= Vladimirsky Uyezd =

Vladimirsky Uyezd (Владимирский уезд) was one of the subdivisions of the Vladimir Governorate of the Russian Empire. It was situated in the central part of the governorate. Its administrative centre was Vladimir.

== Geography ==
Uyezd was located in the central part of Vladimir Province. It bordered Yuryevsky and Suzdalsky uyezds in the north, Kovrovsky uyezd in the east, Pokrovsky uyezd in the west and Sudogodsky uyezd in the south. The county covered an area of 2,402.5 versts² (2,734.1 km²). In 1926, after the liquidation of Suzdalsky and Sudogodsky uyezds, the area of the county was 6,717 km².
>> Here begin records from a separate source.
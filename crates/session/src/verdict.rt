// What a question is answered.

/// The rules asked hold together in a tree of so many worlds, or those of a part of the question hold together nowhere,
/// by the bits of their numbers.
#[derive(Clone, Copy, PartialEq, Eq, Debug)]
pub enum Verdict {
    Open(u64),
    Closed(u16),
}
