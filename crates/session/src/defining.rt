// Handing definitions to an oracle.
ghost use Rattle.naming.specs.Tables.{definitions_at, StartEntries};
ghost use Rattle.oracle.specs.Oracles.{Clears};
ghost use Rattle.session.specs.Defined.{AllDefined, Defined};

use atoms::clauses::{Clause, Entry, Literal, Mark};
use atoms::levels::Level;
use atoms::sets::TRUE_ATOM;
use naming::definitions::Definitions;
use oracle::Oracle;

// Appends definitions of these clauses to a level, as far as it has room for them.
fn define<O: Oracle>(oracle: &mut O, level: Level, clauses: &[Clause])
    ensures { Defined (O.Oracle.entries oracle.old) (O.Oracle.entries oracle.new) level clauses.now }
{
    for clause in clauses {
        // never refused on a session that its calls have left, where no level wants more definitions than it may hold
        let _ = oracle.take(
            level,
            Entry {
                clause: *clause,
                mark: Mark::Definition,
            },
        );
    }
}

// Gives each level of an oracle without entries its first clause, "atom 15".
pub(crate) fn start<O: Oracle>(oracle: &mut O)
    requires { Clears (O.Oracle.entries oracle.old) }
    ensures { StartEntries (O.Oracle.entries oracle.new) }
{
    let first = Clause::NONE.with(Literal::positive(TRUE_ATOM));
    for level in &Level::ALL {
        define(oracle, *level, &[first]);
    }
}

// Appends the definitions of a rule to each level, as far as it has room for them.
pub(crate) fn define_rule<O: Oracle>(oracle: &mut O, definitions: &Definitions)
    ensures { AllDefined (O.Oracle.entries oracle.old) (O.Oracle.entries oracle.new) (definitions_at definitions.now) }
{
    for level in &Level::ALL {
        define(oracle, *level, definitions.at(*level));
    }
}
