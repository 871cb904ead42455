// Files of a list by their indices.
ghost use Rattle.std.specs.Prelude.{◌≡◌, ◌<◌, ◌≤◌, [], ◌++◌, ◌+◌, ◌-◌, min, length, drop, take, Some, None, MatchOption};
ghost use Rattle.ember_io.specs.Files.{named, first_of, first_or_empty, bytes_at};

/// The index of the first file of that name. None if no file has it.
pub fn file_index_of(files: &[(String, Vec<u8>)], name: &str) -> Option<usize>
    ensures { MatchOption result (first_of (named files.now) name.now ≡ None) (λ i.
        first_of (named files.now) name.now ≡ Some (bytes_at (named files.now) i)) }
{
    for (i, file) in files.iter().enumerate() {
        if file.0.as_str() == name {
            return Some(i);
        }
    }
    None
}

/// The index of the first file of that name. If no file has it, the index past the last.
#[tactic(auto, using(crate::proofs::FileIndices::named_past))]
pub fn file_index_or_end(files: &[(String, Vec<u8>)], name: &str) -> usize
    ensures { Some (bytes_at (named files.now) result) ≡ first_or_empty (named files.now) name.now }
{
    match file_index_of(files, name) {
        Some(file_index) => file_index,
        None => files.len(),
    }
}

/// The index past the last file, at which there are no bytes.
#[tactic(auto, using(crate::proofs::FileIndices::named_past))]
pub fn past_files(files: &[(String, Vec<u8>)]) -> usize
    ensures { bytes_at (named files.now) result ≡ [] }
{
    files.len()
}

/// The bytes of the file at an index. Empty if the index is past the last file.
pub fn bytes_of(files: &[(String, Vec<u8>)], file_index: usize) -> &[u8]
    ensures { result.now ≡ bytes_at (named files.now) file_index }
{
    match files.get(file_index) {
        Some(file) => file.1.as_slice(),
        None => &[],
    }
}

/// Copies the bytes from the index `at` on to the front of `buf`, at most `piece` of them, and
/// returns how many. Returns 0 only if no byte is left or `buf` is empty.
pub fn give(bytes: &[u8], at: usize, piece: usize, buf: &mut [u8]) -> usize
    requires { 0 < piece }
    ensures bound { result ≤ length buf.new }
    ensures same_length { length buf.new ≡ length buf.old }
    ensures count { result ≡ min piece (min (length buf.old) (length (drop at bytes.now))) }
    ensures bytes { drop at bytes.now ≡ take result buf.new ++ drop (at + result) bytes.now }
    ensures end { result ≡ 0 → 0 < length buf.new → drop (at + result) bytes.now ≡ [] }
{
    let left = if at < bytes.len() {
        bytes.split_at(at).1
    } else {
        &[]
    };
    let count = piece.min(buf.len().min(left.len()));
    buf[..count].copy_from_slice(left.split_at(count).0);
    count
}
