// Files in memory, with calls that fail on purpose.
ghost use Rattle.std.specs.Prelude.{◌≡◌, ◌<◌, ◌↔◌, [], min, length, Some, IsErr, IfOk, OnOk, OnErr, Contains, if◌then◌else◌};
ghost use Rattle.std.specs.Io.{ReadsAtMost};
ghost use Rattle.std.specs.Io.KnownBytes.{ReadConsumes};
ghost use Rattle.ember_io.specs.Causes.{next_count, HasCause, CountsFault};
ghost use Rattle.ember_io.specs.Files.{first_of};
ghost use Rattle.ember_io.specs.Memory.{IsSameShelf, FailsToBegin, IsKindOfBegin};
ghost use Rattle.ember_io.specs.Shelves.{MarksFault};

use crate::failing::is_failing;
use crate::file_index::{bytes_of, file_index_of, give, past_files};
use crate::shelf::{FaultKind, Shelf};
use crate::{Calls, Failed, FileSet};
use std::alloc::{AllocError, Global};
use std::marker::Model;

/// Files in memory, read in pieces. Calls of `begin` and `read` are numbered together from 1, and
/// those of chosen numbers fail. Only tests use this.
#[derive(Drop)]
pub struct MemoryShelf {
    files: FileSet,
    piece: usize,
    failing: Calls,
    calls: u64,
    file_index: usize,
    at: usize,
    begun: u32,
    fault_at: u32,
    fault_kind: FaultKind,
    faults: u64,
}

impl Model for MemoryShelf {
    ghost use Rattle.std.specs.Prelude.{◌<◌, drop};
    ghost use Rattle.ember_io.specs.Files.{bytes_at};
    ghost use Rattle.ember_io.specs.Memory.{ShelfState};

    ghost Value = { ShelfState };

    ghost view = { λ s. record {
      files = s.files;
      piece = s.piece;
      failing = s.failing;
      calls = s.calls;
      unread = drop s.at (bytes_at s.files s.file_index);
      begun = s.begun;
      fault_at = s.fault_at;
      fault_kind = s.fault_kind;
      faults = s.faults;
    } };

    ghost invariant = { λ s. 0 < s.piece };
}

impl MemoryShelf {
    /// A shelf of these files. A read returns at most `piece` bytes, and the calls whose numbers
    /// are in `failing` fail.
    pub fn new(
        _alloc: Global,
        files: FileSet,
        piece: usize,
        failing: Calls,
    ) -> Result<MemoryShelf, AllocError>
        requires { 0 < piece }
        ensures { IfOk result (λ s. s ≡ record {
          files = files;
          piece = piece;
          failing = failing;
          calls = 0;
          unread = [];
          begun = 0;
          fault_at = 0;
          fault_kind = FaultKind.Other;
          faults = 0;
        }) }
    {
        let file_index = past_files(files.items());
        Ok(MemoryShelf {
            files,
            piece,
            failing,
            calls: 0,
            file_index,
            at: 0,
            begun: 0,
            fault_at: 0,
            fault_kind: FaultKind::Other,
            faults: 0,
        })
    }
}

// Why a file isn't begun by a call that was chosen to fail, or wasn't.
fn kind_of_begin(is_chosen: bool) -> FaultKind
    ensures { result ≡ (if is_chosen then FaultKind.Other else FaultKind.NotFound) }
{
    if is_chosen {
        FaultKind::Other
    } else {
        FaultKind::NotFound
    }
}

impl Shelf for MemoryShelf {
    ghost contents = { λ s. first_of s.files };

    ghost unread = { λ s. Some s.unread };

    ghost begun = { λ s. s.begun };

    ghost fault_at = { λ s. s.fault_at };

    ghost fault_kind = { λ s. s.fault_kind };

    ghost faults = { λ s. s.faults };

    fn last_fault(&self) -> FaultKind {
        self.fault_kind
    }

    fn begin(&mut self, name: &str, number: u32) -> Result<(), Failed>
        ensures contents { first_of self.new.files ≡ first_of self.old.files }
        ensures begun { self.new.begun ≡ number }
        ensures bytes { OnOk result (Some self.new.unread ≡ first_of self.old.files name.now) }
        ensures none_left { OnErr result (Some self.new.unread ≡ Some []) }
        ensures cause { HasCause self.old.faults self.new.faults result }
        ensures mark { MarksFault self.old.fault_at self.new.fault_at number result }

        // It fails exactly at the chosen calls and at unknown names.
        ensures fails { IsErr result ↔ FailsToBegin self.old name.now }
        ensures kind { OnErr result (IsKindOfBegin self.old self.new.fault_kind) }
        ensures counts { CountsFault self.old.faults self.new.faults result }
        ensures calls { self.new.calls ≡ next_count self.old.calls }
        ensures same { IsSameShelf self.old self.new }
    {
        self.calls = self.calls.saturating_add(1);
        self.begun = number;
        self.at = 0;
        self.file_index = past_files(self.files.items());
        let is_chosen = is_failing(&self.failing, self.calls);
        if !is_chosen {
            if let Some(file_index) = file_index_of(self.files.items(), name) {
                self.file_index = file_index;
                return Ok(());
            }
        }
        self.fault_at = number;
        self.fault_kind = kind_of_begin(is_chosen);
        self.faults = self.faults.saturating_add(1);
        Err(Failed)
    }

    fn read(&mut self, buf: &mut [u8]) -> Result<usize, Failed>
        ensures contents { first_of self.new.files ≡ first_of self.old.files }
        ensures begun { self.new.begun ≡ self.old.begun }
        ensures bound { ReadsAtMost result buf.new }
        ensures bytes { ReadConsumes (Some self.old.unread) (Some self.new.unread) result buf.new }
        ensures cause { HasCause self.old.faults self.new.faults result }
        ensures mark { MarksFault self.old.fault_at self.new.fault_at self.old.begun result }

        // It fails exactly at the chosen calls, and otherwise gives as much as fits, up to a piece.
        ensures fails { IsErr result ↔ Contains self.old.failing (next_count self.old.calls) }
        ensures kind { OnErr result (self.new.fault_kind ≡ FaultKind.Other) }
        ensures count { IfOk result (λ n. n ≡ min self.old.piece (min (length buf.old) (length self.old.unread))) }
        ensures counts { CountsFault self.old.faults self.new.faults result }
        ensures calls { self.new.calls ≡ next_count self.old.calls }
        ensures same { IsSameShelf self.old self.new }
    {
        self.calls = self.calls.saturating_add(1);
        if is_failing(&self.failing, self.calls) {
            self.fault_at = self.begun;
            self.fault_kind = FaultKind::Other;
            self.faults = self.faults.saturating_add(1);
            return Err(Failed);
        }
        let rest = bytes_of(self.files.items(), self.file_index);
        let count = give(rest, self.at, self.piece, buf);
        self.at += count;
        Ok(count)
    }
}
It was located on part of the territories of the modern Suzdalsky, Kameshkovsky, Sudogodsky, Sobinsky and Yuryev-Polsky districts of the Vladimir oblast.

== History ==
Vladimirsky uyezd formed in 1778 as part of Vladimir Vicegerency (since 1796 — Vladimir Governorate).
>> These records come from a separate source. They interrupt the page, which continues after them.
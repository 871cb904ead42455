// The system's files and standard streams. They tell no bytes.
ghost use Rattle.std.specs.Prelude.{◌≡◌, [], Some, None};
ghost use Rattle.std.specs.Option.{option_map_or};

use crate::Failed;
use crate::shelf::{FaultKind, Shelf};
use crate::sink::Sink;
use std::io::{Error, ErrorKind, Read, Write};
use std::rt::Files;
use std::{fs, thread};

// Whether a read or a write that ended with this error is tried again: a signal interrupted it, or
// the device isn't ready yet.
fn is_transient(error: &Error) -> bool {
    matches!(error.kind(), ErrorKind::Interrupted | ErrorKind::WouldBlock)
}

// Why a file can't be read, by the system's error.
fn kind_of(error: &Error) -> FaultKind {
    match error.kind() {
        ErrorKind::NotFound => FaultKind::NotFound,
        ErrorKind::PermissionDenied => FaultKind::Forbidden,
        ErrorKind::IsADirectory => FaultKind::Folder,
        _ => FaultKind::Other,
    }
}

/// The files of the system. Every error of the system is a fault. But a read that a signal
/// interrupted, or for which the device isn't ready yet, is tried again.
#[derive(Drop)]
pub struct FileShelf<'a, R: Files> {
    rt: &'a R,
    file: Option<R::File>,
    begun: u32,
    fault_at: u32,
    fault_kind: FaultKind,
    faults: u64,
}

impl<'a, R: Files> FileShelf<'a, R> {
    /// A shelf of the system's files.
    pub fn new(rt: &'a R) -> FileShelf<'a, R>
        ensures unread { ⟦<FileShelf<'a, R> as Shelf>⟧.unread result ≡ Some [] }
        ensures begun { ⟦<FileShelf<'a, R> as Shelf>⟧.begun result ≡ 0 }
        ensures fault_at { ⟦<FileShelf<'a, R> as Shelf>⟧.fault_at result ≡ 0 }
        ensures faults { ⟦<FileShelf<'a, R> as Shelf>⟧.faults result ≡ 0 }
    {
        FileShelf {
            rt,
            file: None,
            begun: 0,
            fault_at: 0,
            fault_kind: FaultKind::Other,
            faults: 0,
        }
    }
}

impl<'a, R: Files> Shelf for FileShelf<'a, R> {
    ghost contents = { λ _ _. None };

    // None are unread if no file is open, and otherwise they aren't told.
    ghost unread = { λ s. option_map_or (λ _. None) s.file (Some []) };

    ghost begun = { λ s. s.begun };

    ghost fault_at = { λ s. s.fault_at };

    ghost fault_kind = { λ s. s.fault_kind };

    ghost faults = { λ s. s.faults };

    fn last_fault(&self) -> FaultKind {
        self.fault_kind
    }

    fn begin(&mut self, name: &str, number: u32) -> Result<(), Failed> {
        self.begun = number;
        self.file = None;
        match fs::open(self.rt, name) {
            Ok(file) => {
                self.file = Some(file);
                Ok(())
            }
            Err(error) => {
                self.fault_at = number;
                self.fault_kind = kind_of(&error);
                self.faults = self.faults.saturating_add(1);
                Err(Failed)
            }
        }
    }

    fn read(&mut self, buf: &mut [u8]) -> Result<usize, Failed> {
        let Some(file) = &mut self.file else {
            return Ok(0);
        };
        // a bounded loop, since it must be proved to end
        for _ in 0..u64::MAX {
            match file.read(buf) {
                Ok(count) => return Ok(count),
                Err(error) if is_transient(&error) => thread::yield_now(),
                Err(error) => {
                    self.fault_at = self.begun;
                    self.fault_kind = kind_of(&error);
                    self.faults = self.faults.saturating_add(1);
                    return Err(Failed);
                }
            }
        }
        self.fault_at = self.begun;
        self.fault_kind = FaultKind::Other;
        self.faults = self.faults.saturating_add(1);
        Err(Failed)
    }
}

/// Standard output or standard error. Every error of the system is a fault, and so is a write that
/// takes nothing of a piece. But a write that a signal interrupted, or for which the device isn't
/// ready yet, is tried again.
#[derive(Drop)]
pub struct StdSink<W: Write + Drop> {
    to: W,
    faults: u64,
}

impl<W: Write + Drop> StdSink<W> {
    /// A sink over a writer.
    pub fn new(to: W) -> StdSink<W>
        ensures { ⟦<StdSink<W> as Sink>⟧.faults result ≡ 0 }
    {
        StdSink { to, faults: 0 }
    }
}

impl<W: Write + Drop> Sink for StdSink<W> {
    ghost taken = { λ _. None };

    ghost flushed = { λ _. 0 };

    ghost faults = { λ s. s.faults };

    fn write(&mut self, piece: &[u8]) -> Result<usize, Failed> {
        // a bounded loop, since it must be proved to end
        for _ in 0..u64::MAX {
            match self.to.write(piece) {
                Ok(count) if count > 0 || piece.is_empty() => return Ok(count),
                Err(error) if is_transient(&error) => thread::yield_now(),
                _ => break,
            }
        }
        self.faults = self.faults.saturating_add(1);
        Err(Failed)
    }

    fn flush(&mut self) -> Result<(), Failed> {
        match self.to.flush() {
            Ok(()) => Ok(()),
            Err(_) => {
                self.faults = self.faults.saturating_add(1);
                Err(Failed)
            }
        }
    }
}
In 1924 the remaining volosts of the abolished Suzdalsky uyezd were included into the uyezd. In 1926 part of the territory of the disbanded Sudogodsky uyezd was annexed to the uyezd.
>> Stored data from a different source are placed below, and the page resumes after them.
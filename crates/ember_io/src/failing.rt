// Calls of a device in memory that are to fail.
ghost use Rattle.std.specs.Prelude.{IsTrue, Contains, ◌↔◌};

use crate::Calls;

/// Whether the call of this number, from 1, is to fail.
pub fn is_failing(failing: &Calls, call: u64) -> bool
    ensures { IsTrue result ↔ Contains failing.now call }
{
    failing.items().contains(&call)
}
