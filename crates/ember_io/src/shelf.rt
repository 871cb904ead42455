// Sources of named files, read one at a time. `ReadsAtMost`, `ReadConsumes` and `IsAtEnd` are words
// of Rattle's library; `rt lemma NAME` prints their definitions.
ghost use Rattle.std.specs.Prelude.{◌≡◌, ◌<◌, ◌≤◌, ◌+◌, ◌^◌, List, ℕ, [], length, Some, IfOk, OnOk, OnErr, IsErrOf};
ghost use Rattle.std.specs.declared.option.Option.{Option};
ghost use Rattle.std.specs.Io.{ReadsAtMost};
ghost use Rattle.std.specs.Io.KnownBytes.{ReadConsumes, IsAtEnd};
ghost use Rattle.ember_io.specs.Causes.{HasRisen, HasCause};
ghost use Rattle.ember_io.specs.Shelves.{Tells, TellsMore, MarksFault};

use crate::Failed;
use std::alloc::Global;
use thiserror::Error;

/// Why a file can't be read.
#[derive(Clone, Copy, Debug, PartialEq, Eq)]
pub enum FaultKind {
    /// There is no file of that name.
    NotFound,
    /// It may not be read.
    Forbidden,
    /// It is a folder.
    Folder,
    /// Any other reason.
    Other,
}

/// A source of named files; the one begun last is read. At the start no bytes are unread, and the
/// numbers of the last `begin` and of the last fault are 0.
pub trait Shelf {
    ghost use Rattle.ember_io.specs.declared.shelf.FaultKind.{FaultKind};

    /// The bytes of each name, if they are told.
    ghost contents: { Self → List ℕ → Option (List ℕ) };

    /// The bytes of the file begun last that are still unread, if they are told.
    ghost unread: { Self → Option (List ℕ) };

    /// The number that the last `begin` was given.
    ghost begun: { Self → ℕ };

    /// The number of the file at which the last fault occurred.
    ghost fault_at: { Self → ℕ };

    /// Of which kind the last fault was.
    ghost fault_kind: { Self → FaultKind };

    /// How often it has failed. This number never falls; at the greatest `u64` it stays.
    ghost faults: { Self → ℕ };

    /// Of which kind the last fault was. If there was none, it may be any.
    fn last_fault(&self) -> FaultKind
        ensures { result ≡ fault_kind self.now };

    /// Begins the file of that name, under the caller's number for it.
    fn begin(&mut self, name: &str, number: u32) -> Result<(), Failed>
        ensures contents { contents self.new ≡ contents self.old }
        ensures begun { begun self.new ≡ number }
        ensures bytes { OnOk result (unread self.new ≡ contents self.old name.now) }
        ensures none_left { OnErr result (unread self.new ≡ Some []) }
        ensures cause { HasCause (faults self.old) (faults self.new) result }
        ensures mark { MarksFault (fault_at self.old) (fault_at self.new) number result };

    /// Puts the next bytes at the front of a buffer and returns how many: none only at the end of
    /// the file, or for an empty buffer.
    fn read(&mut self, buf: &mut [u8]) -> Result<usize, Failed>
        ensures contents { contents self.new ≡ contents self.old }
        ensures begun { begun self.new ≡ begun self.old }
        ensures bound { ReadsAtMost result buf.new }
        ensures bytes { ReadConsumes (unread self.old) (unread self.new) result buf.new }
        ensures cause { HasCause (faults self.old) (faults self.new) result }
        ensures mark { MarksFault (fault_at self.old) (fault_at self.new) (begun self.old) result };
}

/// Why a file wasn't read whole.
#[derive(Clone, Copy, Debug, PartialEq, Eq, Error)]
pub enum ReadEnd {
    /// A call of the shelf failed.
    #[error("cannot be read")]
    ReadFault,
    /// The file has at least this many bytes, which is one more than are allowed.
    #[error("{0} bytes or more")]
    TooLong(u64),
    /// There was no memory for the bytes.
    #[error("out of memory")]
    OutOfMemory,
}

// How many bytes are asked for at once.
const PIECE: usize = 65536;

/// Begins the file of that name under that number, and reads it to its end: at most `most` bytes. A
/// call of the shelf that fails is `ReadFault`. A longer file is `TooLong`, with `most + 1`.
pub fn read_all<S: Shelf>(
    alloc: Global,
    shelf: &mut S,
    name: &str,
    number: u32,
    most: u64,
) -> Result<Vec<u8>, ReadEnd>
    requires { most < 2 ^ 63 }

    ensures contents { S.contents shelf.new ≡ S.contents shelf.old }
    ensures begun { S.begun shelf.new ≡ number }
    ensures whole { IfOk result (λ v. Tells (S.contents shelf.old name.now) v.items) }
    ensures most { IfOk result (λ v. length v.items ≤ most) }
    ensures at_end { OnOk result (IsAtEnd (S.unread shelf.new)) }

    ensures later { S.faults shelf.old ≤ S.faults shelf.new }
    ensures read_fault { IsErrOf result ReadEnd.ReadFault → HasRisen (S.faults shelf.old) (S.faults shelf.new) }
    ensures fault_at { IsErrOf result ReadEnd.ReadFault → S.fault_at shelf.new ≡ number }
    ensures unmarked { ¬ (IsErrOf result ReadEnd.ReadFault) → S.fault_at shelf.new ≡ S.fault_at shelf.old }

    ensures too_long { (n : ℕ) → IsErrOf result (ReadEnd.TooLong n) → (n ≡ most + 1) }
    ensures told_longer { (n : ℕ) → IsErrOf result (ReadEnd.TooLong n) →
        TellsMore (S.contents shelf.old name.now) most }
{
    let Ok(()) = shelf.begin(name, number) else {
        return Err(ReadEnd::ReadFault);
    };
    let mut bytes = Vec::new(alloc);
    let mut piece = [0u8; PIECE];
    loop {
        let Ok(count) = shelf.read(&mut piece) else {
            return Err(ReadEnd::ReadFault);
        };
        if count == 0 {
            return Ok(bytes);
        }
        let length = bytes.len() as u64 + count as u64;
        if length > most {
            return Err(ReadEnd::TooLong(most + 1));
        }
        if bytes.extend_from_slice(&piece[..count]).is_err() {
            return Err(ReadEnd::OutOfMemory);
        }
    }
}
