// Small types over a vector, which contracts see as lists.
ghost use Rattle.std.specs.Prelude.{◌≡◌};
ghost use Rattle.ember_io.specs.Files.{named};

use std::marker::Model;

/// Named files, each a name and its bytes. The first file of a name counts.
#[derive(Drop)]
pub struct FileSet {
    files: Vec<(String, Vec<u8>)>,
}

impl Model for FileSet {
    ghost use Rattle.std.specs.Prelude.{List, ℕ};
    ghost use Rattle.ember_io.specs.Files.{named};

    ghost Value = { List (List ℕ × List ℕ) };

    ghost view = { λ s. named s.files.items };
}

impl FileSet {
    /// The files of a vector.
    pub fn of(files: Vec<(String, Vec<u8>)>) -> FileSet
        ensures { result ≡ named files.items }
    {
        FileSet { files }
    }

    /// The files, lent.
    pub fn items(&self) -> &[(String, Vec<u8>)]
        ensures { named result.now ≡ self.now }
    {
        &self.files
    }

    /// The files' vector, given back.
    pub fn into_vec(self) -> Vec<(String, Vec<u8>)>
        ensures { named result.items ≡ self }
    {
        self.files
    }
}

/// Numbers of calls, from 1.
#[derive(Drop)]
pub struct Calls {
    numbers: Vec<u64>,
}

impl Model for Calls {
    ghost use Rattle.std.specs.Prelude.{List, ℕ};

    ghost Value = { List ℕ };

    ghost view = { λ s. s.numbers.items };
}

impl Calls {
    /// The numbers of a vector.
    pub fn of(numbers: Vec<u64>) -> Calls
        ensures { result ≡ numbers.items }
    {
        Calls { numbers }
    }

    /// The numbers, lent.
    pub fn items(&self) -> &[u64]
        ensures { result.now ≡ self.now }
    {
        &self.numbers
    }

    /// The numbers' vector, given back.
    pub fn into_vec(self) -> Vec<u64>
        ensures { result.items ≡ self }
    {
        self.numbers
    }
}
In 1929 the county was disbanded, and on its territory Vladimirsky, Stavrovsky, Suzdalsky and partially Sudogodsky districts were formed as part of the Vladimir district of the newly formed Ivanovo Industrial Region.

==Demographics==
At the time of the Russian Empire Census of 1897, Vladimirsky Uyezd had a population of 160,996. Of these, 98.7% spoke Russian, 0.5% Polish, 0.3% Ukrainian, 0.3% Yiddish, 0.1% German, 0.1% Lithuanian and 0.1% Tatar as their native language.